*Given information*
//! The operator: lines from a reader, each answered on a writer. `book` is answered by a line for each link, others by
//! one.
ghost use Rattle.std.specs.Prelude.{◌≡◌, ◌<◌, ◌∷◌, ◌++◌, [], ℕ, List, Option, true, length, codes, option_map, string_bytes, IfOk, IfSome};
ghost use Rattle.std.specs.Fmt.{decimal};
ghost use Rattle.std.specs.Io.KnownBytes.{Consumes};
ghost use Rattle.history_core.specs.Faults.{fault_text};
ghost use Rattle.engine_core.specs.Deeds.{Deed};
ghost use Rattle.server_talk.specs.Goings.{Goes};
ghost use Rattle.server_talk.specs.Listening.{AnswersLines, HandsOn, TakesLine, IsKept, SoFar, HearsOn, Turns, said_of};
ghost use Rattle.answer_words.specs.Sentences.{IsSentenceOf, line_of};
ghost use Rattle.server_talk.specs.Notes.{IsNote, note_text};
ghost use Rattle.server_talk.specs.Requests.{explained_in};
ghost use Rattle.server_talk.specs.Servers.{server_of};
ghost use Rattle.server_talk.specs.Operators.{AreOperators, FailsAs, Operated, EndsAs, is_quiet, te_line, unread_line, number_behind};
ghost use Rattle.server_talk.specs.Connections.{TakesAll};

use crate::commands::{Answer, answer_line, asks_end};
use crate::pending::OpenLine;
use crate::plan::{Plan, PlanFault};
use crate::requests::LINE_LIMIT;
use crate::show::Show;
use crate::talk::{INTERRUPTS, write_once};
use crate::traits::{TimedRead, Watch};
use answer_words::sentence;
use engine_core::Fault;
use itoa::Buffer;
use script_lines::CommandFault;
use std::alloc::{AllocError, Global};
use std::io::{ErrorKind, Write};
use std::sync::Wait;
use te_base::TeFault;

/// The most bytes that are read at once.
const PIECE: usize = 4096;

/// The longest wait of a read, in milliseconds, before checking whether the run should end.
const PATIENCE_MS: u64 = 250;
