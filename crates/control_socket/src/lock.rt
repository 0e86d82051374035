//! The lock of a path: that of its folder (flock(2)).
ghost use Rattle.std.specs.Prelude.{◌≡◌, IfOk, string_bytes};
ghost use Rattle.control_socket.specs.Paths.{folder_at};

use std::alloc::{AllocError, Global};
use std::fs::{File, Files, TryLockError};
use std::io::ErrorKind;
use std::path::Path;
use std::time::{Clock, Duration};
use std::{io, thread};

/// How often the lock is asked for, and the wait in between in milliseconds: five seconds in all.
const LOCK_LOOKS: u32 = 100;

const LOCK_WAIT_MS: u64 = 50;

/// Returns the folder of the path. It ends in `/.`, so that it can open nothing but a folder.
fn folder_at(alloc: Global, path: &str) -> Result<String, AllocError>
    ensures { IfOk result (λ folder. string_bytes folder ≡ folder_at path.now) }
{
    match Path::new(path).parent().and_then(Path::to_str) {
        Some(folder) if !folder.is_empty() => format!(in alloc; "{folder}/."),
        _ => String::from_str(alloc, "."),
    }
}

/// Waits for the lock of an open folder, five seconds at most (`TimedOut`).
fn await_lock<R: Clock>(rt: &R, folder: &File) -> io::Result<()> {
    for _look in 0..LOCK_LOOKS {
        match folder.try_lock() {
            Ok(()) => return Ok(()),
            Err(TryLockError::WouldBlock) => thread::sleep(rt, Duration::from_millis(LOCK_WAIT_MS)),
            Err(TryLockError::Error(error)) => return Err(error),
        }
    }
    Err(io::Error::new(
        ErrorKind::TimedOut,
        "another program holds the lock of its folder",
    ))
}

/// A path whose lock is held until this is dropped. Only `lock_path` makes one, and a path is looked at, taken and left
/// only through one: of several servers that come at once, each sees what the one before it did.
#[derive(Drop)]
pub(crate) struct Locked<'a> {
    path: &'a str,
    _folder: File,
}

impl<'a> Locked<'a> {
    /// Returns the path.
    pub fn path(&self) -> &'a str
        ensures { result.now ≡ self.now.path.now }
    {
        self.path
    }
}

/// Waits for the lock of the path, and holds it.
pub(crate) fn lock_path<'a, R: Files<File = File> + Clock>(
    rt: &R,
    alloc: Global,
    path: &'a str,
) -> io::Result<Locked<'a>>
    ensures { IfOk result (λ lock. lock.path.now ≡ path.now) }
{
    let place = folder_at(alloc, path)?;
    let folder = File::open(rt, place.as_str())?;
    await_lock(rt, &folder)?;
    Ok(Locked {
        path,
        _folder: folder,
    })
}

*What is being asked*
Lines holding the word "ErrorKind" should be copied from the entries above.

*Written solution*
use std::io::{ErrorKind, Write};
use std::io::ErrorKind;
        ErrorKind::TimedOut,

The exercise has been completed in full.